# Your assignment
Please restate, exactly as written, the lines running from the beginning of the material through the line that has "e f. f ≡ Io" in it.

# Data excerpts
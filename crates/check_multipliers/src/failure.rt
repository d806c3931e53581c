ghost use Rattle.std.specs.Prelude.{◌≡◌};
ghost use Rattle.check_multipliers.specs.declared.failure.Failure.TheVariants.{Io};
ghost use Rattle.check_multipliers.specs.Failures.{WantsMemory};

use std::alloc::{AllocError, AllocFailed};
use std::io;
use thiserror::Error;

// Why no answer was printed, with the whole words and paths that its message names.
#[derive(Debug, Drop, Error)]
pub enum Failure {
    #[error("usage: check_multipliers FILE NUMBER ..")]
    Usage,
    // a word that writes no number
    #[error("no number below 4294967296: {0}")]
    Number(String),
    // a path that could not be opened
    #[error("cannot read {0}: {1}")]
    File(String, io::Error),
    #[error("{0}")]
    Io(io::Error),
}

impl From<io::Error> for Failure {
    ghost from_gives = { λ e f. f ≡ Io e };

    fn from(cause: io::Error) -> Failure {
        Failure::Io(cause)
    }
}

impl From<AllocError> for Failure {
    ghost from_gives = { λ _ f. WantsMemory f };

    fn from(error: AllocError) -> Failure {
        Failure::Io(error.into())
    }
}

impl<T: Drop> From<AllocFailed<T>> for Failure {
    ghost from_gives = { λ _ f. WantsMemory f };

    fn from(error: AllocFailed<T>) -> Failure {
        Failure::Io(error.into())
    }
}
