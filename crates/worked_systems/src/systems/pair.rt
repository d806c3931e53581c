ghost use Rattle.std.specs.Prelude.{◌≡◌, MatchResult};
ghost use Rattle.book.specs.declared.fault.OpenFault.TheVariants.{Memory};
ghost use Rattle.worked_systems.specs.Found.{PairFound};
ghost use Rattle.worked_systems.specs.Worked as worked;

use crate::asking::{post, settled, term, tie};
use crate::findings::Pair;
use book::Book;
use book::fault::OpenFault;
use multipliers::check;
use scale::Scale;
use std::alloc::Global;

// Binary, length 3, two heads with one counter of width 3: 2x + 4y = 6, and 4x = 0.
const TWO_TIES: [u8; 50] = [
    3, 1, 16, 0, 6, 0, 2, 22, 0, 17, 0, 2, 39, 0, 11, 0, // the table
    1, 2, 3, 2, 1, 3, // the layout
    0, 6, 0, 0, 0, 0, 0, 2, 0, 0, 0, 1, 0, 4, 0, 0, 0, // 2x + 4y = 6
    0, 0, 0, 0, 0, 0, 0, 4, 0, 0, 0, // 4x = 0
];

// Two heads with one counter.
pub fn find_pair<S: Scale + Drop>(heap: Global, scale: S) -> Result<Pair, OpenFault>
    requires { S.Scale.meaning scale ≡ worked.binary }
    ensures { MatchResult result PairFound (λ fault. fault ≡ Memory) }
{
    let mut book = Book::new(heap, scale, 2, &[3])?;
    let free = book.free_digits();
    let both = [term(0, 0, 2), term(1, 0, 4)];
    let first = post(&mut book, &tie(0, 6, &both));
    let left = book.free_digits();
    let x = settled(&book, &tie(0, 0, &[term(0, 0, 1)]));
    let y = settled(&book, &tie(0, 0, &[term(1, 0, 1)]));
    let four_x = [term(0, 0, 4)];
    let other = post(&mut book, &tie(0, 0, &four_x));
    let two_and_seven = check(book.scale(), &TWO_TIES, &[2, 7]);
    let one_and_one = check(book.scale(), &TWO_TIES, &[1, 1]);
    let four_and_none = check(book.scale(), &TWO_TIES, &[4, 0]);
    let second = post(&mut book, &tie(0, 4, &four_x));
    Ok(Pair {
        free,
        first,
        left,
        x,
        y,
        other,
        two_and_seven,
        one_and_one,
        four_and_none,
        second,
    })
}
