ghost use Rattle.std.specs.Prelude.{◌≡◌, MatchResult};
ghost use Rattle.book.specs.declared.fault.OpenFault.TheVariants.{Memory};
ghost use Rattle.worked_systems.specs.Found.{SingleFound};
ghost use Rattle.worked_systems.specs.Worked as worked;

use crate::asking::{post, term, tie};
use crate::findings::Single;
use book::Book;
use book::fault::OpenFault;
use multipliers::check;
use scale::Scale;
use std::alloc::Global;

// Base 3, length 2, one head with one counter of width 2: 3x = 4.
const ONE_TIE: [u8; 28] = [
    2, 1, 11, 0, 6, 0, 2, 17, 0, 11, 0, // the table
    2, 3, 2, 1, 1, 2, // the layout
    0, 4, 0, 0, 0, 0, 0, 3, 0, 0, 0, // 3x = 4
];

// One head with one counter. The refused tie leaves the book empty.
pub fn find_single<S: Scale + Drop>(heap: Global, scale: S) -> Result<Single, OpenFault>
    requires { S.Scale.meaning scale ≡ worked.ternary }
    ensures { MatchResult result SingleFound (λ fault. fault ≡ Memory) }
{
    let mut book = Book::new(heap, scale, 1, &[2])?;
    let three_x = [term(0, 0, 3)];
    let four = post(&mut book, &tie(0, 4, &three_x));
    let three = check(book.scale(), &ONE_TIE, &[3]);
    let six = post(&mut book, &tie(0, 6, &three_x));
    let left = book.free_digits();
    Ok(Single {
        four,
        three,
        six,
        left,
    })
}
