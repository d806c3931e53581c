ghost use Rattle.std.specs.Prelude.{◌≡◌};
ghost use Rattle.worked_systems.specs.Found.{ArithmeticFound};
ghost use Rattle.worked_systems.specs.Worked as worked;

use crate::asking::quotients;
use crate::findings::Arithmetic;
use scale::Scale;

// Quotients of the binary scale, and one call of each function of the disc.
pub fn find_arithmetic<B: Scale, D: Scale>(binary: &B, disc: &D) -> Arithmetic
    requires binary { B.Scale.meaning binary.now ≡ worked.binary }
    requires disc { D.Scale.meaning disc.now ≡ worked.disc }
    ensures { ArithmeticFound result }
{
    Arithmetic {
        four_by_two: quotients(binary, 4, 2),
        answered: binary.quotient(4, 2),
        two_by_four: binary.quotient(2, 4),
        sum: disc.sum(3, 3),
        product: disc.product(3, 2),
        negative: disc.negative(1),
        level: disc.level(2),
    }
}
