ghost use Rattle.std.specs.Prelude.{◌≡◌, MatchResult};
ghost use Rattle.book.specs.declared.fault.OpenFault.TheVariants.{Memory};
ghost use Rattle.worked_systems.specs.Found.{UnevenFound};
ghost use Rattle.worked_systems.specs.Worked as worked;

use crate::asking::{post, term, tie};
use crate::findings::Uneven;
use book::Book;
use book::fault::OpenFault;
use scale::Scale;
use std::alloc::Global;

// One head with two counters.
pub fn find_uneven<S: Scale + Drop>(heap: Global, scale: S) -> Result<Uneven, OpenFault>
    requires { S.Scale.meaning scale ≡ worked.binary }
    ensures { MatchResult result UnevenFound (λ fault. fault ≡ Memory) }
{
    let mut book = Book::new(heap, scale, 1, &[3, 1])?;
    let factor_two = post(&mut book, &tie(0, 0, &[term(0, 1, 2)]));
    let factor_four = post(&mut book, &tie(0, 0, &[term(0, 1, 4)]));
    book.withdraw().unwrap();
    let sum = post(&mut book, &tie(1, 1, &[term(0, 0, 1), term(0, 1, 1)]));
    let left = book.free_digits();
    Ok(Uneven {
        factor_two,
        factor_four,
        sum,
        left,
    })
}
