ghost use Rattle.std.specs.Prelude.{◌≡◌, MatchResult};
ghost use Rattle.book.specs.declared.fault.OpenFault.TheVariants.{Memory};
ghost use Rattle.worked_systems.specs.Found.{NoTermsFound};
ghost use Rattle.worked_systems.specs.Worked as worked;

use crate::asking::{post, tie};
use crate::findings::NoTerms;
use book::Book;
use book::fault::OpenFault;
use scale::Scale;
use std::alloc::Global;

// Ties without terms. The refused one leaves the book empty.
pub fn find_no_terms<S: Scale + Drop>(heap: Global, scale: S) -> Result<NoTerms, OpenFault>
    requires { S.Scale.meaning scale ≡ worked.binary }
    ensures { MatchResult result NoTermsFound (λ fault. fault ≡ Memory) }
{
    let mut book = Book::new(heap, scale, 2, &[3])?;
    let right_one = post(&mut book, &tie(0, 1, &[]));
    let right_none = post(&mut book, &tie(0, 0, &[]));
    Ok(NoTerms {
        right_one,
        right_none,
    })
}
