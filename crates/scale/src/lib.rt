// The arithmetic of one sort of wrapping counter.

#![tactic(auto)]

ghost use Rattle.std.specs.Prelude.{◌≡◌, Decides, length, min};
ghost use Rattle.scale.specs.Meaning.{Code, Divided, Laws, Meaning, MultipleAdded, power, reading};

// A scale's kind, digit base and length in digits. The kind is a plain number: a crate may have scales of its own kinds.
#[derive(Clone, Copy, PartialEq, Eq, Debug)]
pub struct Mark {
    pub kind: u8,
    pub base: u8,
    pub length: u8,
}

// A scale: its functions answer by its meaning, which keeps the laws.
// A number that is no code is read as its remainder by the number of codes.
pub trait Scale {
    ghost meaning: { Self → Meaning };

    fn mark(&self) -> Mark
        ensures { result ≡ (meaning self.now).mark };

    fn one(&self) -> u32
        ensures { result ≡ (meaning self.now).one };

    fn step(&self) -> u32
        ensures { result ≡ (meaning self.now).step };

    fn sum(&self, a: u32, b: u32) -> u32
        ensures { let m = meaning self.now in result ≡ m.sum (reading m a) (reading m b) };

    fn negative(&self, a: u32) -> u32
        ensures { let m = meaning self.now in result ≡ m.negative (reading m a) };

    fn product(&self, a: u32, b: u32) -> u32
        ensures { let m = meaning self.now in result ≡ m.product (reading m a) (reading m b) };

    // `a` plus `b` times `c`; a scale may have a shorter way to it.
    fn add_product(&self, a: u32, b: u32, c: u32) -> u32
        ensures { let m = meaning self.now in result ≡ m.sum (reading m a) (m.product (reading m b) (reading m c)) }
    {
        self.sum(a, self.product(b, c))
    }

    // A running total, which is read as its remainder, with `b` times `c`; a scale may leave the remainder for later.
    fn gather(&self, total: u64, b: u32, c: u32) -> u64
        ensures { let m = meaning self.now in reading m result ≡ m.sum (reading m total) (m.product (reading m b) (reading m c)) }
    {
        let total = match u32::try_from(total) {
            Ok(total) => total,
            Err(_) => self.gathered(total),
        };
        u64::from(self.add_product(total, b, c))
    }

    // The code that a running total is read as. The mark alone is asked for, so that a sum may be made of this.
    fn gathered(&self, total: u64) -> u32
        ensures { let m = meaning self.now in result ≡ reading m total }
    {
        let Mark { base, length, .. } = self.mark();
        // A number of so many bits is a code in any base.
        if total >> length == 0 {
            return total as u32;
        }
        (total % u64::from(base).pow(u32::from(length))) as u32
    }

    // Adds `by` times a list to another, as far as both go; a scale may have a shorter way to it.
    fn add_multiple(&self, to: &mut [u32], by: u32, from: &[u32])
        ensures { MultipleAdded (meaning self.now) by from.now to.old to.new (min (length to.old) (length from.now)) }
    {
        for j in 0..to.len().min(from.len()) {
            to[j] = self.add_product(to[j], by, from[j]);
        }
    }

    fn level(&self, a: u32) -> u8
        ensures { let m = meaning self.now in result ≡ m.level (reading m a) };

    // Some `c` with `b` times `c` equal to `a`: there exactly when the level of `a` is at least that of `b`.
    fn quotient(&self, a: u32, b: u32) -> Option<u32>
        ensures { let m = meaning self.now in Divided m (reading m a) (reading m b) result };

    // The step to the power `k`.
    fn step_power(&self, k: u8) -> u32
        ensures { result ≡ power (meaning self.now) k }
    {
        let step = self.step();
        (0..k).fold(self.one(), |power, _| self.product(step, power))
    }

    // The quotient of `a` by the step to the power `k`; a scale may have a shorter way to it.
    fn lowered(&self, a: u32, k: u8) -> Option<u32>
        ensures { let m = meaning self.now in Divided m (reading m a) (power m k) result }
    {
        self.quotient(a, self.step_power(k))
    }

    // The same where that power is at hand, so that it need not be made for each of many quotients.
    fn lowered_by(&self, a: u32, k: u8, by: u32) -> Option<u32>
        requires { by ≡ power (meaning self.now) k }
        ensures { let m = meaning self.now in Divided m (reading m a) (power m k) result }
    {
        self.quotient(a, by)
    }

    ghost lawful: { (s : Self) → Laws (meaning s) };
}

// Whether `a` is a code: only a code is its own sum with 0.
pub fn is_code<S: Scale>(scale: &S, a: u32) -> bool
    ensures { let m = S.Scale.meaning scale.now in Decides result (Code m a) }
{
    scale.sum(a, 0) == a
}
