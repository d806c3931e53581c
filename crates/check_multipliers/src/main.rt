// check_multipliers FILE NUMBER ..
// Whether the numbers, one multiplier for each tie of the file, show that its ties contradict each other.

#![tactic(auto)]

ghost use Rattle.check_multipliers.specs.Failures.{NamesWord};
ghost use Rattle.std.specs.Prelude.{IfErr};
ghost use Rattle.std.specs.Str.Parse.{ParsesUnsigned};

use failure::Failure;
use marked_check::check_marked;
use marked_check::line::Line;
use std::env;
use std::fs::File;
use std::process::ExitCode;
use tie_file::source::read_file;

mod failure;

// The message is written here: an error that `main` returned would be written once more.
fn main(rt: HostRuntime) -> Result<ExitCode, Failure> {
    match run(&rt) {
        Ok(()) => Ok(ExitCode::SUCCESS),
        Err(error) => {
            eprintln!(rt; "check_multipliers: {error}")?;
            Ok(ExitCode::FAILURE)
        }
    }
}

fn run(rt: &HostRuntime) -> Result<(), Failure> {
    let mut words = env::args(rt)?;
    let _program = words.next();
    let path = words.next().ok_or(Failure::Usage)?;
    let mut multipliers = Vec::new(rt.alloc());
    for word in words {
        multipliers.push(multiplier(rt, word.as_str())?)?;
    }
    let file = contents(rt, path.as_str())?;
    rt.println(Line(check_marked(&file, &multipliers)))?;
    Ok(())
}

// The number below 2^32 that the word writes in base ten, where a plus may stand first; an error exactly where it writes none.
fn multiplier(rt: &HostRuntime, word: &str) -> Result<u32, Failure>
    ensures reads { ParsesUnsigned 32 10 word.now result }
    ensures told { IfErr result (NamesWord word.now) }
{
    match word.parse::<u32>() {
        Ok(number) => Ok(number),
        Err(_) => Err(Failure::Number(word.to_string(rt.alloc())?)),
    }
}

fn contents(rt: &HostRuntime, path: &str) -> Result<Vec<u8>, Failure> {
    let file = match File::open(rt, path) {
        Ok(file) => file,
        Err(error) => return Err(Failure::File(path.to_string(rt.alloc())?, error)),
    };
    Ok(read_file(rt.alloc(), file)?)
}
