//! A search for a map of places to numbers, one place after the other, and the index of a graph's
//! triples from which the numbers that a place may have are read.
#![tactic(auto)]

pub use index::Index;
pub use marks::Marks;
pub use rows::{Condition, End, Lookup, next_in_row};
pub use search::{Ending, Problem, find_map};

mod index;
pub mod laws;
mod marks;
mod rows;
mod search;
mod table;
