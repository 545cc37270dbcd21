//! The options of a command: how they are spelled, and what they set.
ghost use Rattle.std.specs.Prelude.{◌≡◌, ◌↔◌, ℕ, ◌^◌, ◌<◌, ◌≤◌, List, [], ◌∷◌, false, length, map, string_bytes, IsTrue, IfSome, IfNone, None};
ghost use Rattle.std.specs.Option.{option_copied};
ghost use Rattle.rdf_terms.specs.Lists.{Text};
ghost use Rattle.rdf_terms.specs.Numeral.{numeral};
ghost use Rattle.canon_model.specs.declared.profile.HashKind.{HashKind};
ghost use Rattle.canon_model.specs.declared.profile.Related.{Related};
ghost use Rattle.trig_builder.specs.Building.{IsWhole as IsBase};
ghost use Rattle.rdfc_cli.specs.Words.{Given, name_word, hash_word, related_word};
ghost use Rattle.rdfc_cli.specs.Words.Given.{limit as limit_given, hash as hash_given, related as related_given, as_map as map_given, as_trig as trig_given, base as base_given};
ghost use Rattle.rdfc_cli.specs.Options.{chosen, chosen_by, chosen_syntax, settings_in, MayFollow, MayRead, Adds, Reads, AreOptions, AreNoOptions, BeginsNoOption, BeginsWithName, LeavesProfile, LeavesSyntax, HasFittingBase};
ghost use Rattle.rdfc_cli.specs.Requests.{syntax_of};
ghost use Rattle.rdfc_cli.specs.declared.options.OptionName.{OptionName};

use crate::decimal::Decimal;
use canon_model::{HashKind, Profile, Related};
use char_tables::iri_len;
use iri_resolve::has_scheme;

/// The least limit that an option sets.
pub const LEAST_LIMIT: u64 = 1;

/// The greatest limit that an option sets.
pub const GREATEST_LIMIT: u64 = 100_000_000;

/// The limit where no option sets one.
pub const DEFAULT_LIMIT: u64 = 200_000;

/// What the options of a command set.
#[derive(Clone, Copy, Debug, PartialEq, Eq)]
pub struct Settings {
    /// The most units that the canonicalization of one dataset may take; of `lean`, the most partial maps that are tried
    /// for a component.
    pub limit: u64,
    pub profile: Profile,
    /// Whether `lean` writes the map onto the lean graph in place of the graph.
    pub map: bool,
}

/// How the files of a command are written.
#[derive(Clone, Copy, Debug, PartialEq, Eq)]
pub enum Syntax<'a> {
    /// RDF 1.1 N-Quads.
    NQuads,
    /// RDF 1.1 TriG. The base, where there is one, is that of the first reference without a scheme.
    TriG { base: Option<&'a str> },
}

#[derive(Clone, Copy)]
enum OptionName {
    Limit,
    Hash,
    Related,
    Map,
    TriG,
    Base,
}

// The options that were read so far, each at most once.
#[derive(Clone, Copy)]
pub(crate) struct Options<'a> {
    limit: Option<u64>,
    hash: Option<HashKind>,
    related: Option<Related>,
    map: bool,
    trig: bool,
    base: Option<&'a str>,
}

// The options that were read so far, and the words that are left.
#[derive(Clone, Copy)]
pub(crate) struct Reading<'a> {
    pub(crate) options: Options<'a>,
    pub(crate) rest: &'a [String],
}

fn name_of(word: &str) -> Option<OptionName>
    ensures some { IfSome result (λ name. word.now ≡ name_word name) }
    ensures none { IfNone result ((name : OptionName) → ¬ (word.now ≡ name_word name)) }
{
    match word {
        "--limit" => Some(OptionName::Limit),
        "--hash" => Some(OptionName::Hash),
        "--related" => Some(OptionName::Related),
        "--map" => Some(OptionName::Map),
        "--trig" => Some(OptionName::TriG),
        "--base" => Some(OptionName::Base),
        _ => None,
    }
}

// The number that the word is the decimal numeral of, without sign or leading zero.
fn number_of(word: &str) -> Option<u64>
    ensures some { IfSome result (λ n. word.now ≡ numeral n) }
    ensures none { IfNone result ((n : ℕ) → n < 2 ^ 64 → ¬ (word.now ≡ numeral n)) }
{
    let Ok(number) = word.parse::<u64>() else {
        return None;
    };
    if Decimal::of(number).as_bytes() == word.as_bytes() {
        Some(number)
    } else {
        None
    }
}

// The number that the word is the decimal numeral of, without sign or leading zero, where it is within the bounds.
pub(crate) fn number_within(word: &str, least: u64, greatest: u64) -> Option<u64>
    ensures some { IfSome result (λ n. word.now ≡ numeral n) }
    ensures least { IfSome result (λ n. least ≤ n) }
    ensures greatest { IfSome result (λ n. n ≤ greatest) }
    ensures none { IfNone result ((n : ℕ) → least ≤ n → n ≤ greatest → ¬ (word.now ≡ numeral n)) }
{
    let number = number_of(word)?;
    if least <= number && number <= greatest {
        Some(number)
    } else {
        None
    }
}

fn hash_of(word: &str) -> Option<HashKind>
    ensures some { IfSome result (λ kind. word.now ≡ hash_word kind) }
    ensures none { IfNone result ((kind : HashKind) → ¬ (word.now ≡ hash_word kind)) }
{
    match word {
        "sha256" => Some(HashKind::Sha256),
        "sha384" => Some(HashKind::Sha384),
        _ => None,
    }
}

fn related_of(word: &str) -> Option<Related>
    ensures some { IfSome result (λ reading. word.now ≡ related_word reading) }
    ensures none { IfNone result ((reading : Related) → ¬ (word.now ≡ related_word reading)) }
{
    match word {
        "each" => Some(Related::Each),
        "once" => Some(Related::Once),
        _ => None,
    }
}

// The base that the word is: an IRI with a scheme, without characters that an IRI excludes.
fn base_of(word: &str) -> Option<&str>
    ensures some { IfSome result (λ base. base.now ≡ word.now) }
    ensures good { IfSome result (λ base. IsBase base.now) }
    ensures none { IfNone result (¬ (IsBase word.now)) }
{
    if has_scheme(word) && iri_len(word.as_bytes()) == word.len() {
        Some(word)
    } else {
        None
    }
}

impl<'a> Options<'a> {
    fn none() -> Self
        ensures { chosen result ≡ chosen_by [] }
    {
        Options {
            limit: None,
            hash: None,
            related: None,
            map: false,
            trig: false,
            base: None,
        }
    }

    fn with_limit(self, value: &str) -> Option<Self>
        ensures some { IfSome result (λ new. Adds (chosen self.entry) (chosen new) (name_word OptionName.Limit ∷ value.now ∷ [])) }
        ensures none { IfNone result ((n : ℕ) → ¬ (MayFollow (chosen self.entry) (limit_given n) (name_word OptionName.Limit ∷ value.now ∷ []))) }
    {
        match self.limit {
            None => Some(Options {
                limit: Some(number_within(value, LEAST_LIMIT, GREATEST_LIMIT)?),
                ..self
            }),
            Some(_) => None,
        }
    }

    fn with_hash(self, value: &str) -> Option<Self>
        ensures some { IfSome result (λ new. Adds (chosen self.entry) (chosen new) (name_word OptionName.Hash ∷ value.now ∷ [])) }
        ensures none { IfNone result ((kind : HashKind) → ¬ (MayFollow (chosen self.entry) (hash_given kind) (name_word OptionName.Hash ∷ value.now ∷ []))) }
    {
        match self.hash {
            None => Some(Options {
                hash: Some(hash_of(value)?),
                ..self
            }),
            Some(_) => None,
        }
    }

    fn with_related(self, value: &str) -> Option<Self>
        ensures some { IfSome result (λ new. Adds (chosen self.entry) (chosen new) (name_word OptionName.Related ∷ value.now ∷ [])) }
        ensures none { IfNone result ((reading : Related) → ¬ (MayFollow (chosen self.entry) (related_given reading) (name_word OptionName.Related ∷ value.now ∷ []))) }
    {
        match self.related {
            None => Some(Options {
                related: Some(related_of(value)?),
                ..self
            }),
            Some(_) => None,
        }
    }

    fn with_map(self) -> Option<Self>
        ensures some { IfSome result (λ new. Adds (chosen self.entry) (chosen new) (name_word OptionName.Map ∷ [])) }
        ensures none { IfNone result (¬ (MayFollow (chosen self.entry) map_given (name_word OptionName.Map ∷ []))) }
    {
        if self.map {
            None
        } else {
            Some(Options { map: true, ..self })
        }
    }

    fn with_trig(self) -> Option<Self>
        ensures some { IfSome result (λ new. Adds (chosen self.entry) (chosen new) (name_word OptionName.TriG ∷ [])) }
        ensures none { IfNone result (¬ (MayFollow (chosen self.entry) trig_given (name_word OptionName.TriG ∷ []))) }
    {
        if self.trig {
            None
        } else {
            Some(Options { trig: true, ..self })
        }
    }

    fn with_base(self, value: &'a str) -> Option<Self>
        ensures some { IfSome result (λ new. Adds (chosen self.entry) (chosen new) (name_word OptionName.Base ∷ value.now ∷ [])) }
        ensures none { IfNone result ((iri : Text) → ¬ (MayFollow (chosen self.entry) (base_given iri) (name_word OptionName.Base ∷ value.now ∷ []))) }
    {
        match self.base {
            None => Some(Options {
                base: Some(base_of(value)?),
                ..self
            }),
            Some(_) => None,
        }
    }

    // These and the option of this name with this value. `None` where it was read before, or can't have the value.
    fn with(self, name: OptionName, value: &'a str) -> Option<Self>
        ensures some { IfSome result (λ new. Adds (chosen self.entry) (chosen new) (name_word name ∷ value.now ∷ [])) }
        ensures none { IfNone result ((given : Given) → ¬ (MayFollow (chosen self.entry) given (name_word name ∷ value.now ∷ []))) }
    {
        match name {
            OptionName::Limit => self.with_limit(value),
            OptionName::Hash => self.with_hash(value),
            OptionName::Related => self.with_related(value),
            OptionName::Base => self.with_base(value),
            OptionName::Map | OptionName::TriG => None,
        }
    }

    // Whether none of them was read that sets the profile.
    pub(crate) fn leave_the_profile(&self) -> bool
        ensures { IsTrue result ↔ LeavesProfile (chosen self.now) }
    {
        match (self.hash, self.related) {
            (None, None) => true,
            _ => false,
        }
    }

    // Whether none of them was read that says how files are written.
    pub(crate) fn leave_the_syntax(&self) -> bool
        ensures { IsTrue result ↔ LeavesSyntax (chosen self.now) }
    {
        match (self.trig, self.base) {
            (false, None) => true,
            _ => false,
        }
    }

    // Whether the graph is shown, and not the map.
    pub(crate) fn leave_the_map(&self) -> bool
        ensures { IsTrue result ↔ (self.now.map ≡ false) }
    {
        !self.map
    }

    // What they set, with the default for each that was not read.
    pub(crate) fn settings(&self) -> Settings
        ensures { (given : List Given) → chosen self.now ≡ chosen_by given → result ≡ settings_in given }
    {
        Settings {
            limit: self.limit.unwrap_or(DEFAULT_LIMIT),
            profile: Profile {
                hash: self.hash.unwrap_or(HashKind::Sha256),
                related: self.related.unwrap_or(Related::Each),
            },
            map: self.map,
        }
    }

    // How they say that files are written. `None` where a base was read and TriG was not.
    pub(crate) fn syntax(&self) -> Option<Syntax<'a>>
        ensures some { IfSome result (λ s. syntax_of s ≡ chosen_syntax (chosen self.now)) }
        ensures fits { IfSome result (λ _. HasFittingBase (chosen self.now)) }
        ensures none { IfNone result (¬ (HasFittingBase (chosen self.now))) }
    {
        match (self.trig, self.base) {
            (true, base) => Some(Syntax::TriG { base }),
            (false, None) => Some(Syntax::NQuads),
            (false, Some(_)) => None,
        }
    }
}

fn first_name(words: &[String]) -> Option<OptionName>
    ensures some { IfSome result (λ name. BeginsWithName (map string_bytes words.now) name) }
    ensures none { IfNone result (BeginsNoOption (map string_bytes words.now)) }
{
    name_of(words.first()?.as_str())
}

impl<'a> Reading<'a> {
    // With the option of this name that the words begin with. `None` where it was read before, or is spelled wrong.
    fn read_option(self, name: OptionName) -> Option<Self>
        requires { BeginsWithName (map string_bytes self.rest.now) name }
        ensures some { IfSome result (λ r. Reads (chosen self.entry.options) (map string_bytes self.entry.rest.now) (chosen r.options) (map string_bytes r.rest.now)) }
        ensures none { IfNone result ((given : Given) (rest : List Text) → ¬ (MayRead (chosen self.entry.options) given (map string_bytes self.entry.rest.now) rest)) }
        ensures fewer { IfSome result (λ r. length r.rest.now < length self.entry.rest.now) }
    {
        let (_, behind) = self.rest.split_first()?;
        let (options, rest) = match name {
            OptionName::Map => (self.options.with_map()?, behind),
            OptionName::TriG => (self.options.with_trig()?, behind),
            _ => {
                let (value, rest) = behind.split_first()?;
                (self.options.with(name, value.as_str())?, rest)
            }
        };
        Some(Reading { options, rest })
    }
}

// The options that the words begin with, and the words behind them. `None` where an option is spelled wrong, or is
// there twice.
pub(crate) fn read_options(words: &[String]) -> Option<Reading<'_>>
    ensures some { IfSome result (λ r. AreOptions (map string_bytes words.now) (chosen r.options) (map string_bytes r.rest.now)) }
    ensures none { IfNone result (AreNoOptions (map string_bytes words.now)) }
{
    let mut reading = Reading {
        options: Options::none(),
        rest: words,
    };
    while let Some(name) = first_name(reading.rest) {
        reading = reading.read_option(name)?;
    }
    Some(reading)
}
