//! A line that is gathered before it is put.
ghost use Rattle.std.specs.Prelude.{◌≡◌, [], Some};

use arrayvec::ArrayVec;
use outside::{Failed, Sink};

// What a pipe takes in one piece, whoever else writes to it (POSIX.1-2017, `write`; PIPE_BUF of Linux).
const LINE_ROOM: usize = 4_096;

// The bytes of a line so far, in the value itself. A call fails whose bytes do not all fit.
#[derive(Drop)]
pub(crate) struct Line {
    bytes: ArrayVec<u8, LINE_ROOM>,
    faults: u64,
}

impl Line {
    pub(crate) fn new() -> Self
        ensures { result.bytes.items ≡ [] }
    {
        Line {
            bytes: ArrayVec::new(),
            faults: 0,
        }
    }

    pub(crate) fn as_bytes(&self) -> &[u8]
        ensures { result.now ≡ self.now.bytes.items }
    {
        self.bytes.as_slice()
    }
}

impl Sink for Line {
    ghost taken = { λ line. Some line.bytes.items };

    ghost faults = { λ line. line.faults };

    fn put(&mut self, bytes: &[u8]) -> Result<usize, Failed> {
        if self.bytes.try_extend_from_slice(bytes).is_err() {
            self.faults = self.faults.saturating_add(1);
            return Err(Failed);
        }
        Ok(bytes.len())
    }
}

# Answer space
filename crates/check_multipliers/src/failure.rt
repository d806c3931e53581c
ghost use Rattle.std.specs.Prelude.{◌≡◌};
ghost use Rattle.check_multipliers.specs.declared.failure.Failure.TheVariants.{Io};
ghost use Rattle.check_multipliers.specs.Failures.{WantsMemory};

use std::alloc::{AllocError, AllocFailed};
use std::io;
use thiserror::Error;

// Why no answer was printed, with the whole words and paths that its message names.
#[derive(Debug, Drop, Error)]
pub enum Failure {
    #[error("usage: check_multipliers FILE NUMBER ..")]
    Usage,
    // a word that writes no number
    #[error("no number below 4294967296: {0}")]
    Number(String),
    // a path that could not be opened
    #[error("cannot read {0}: {1}")]
    File(String, io::Error),
    #[error("{0}")]
    Io(io::Error),
}

impl From<io::Error> for Failure {
    ghost from_gives = { λ e f. f ≡ Io e };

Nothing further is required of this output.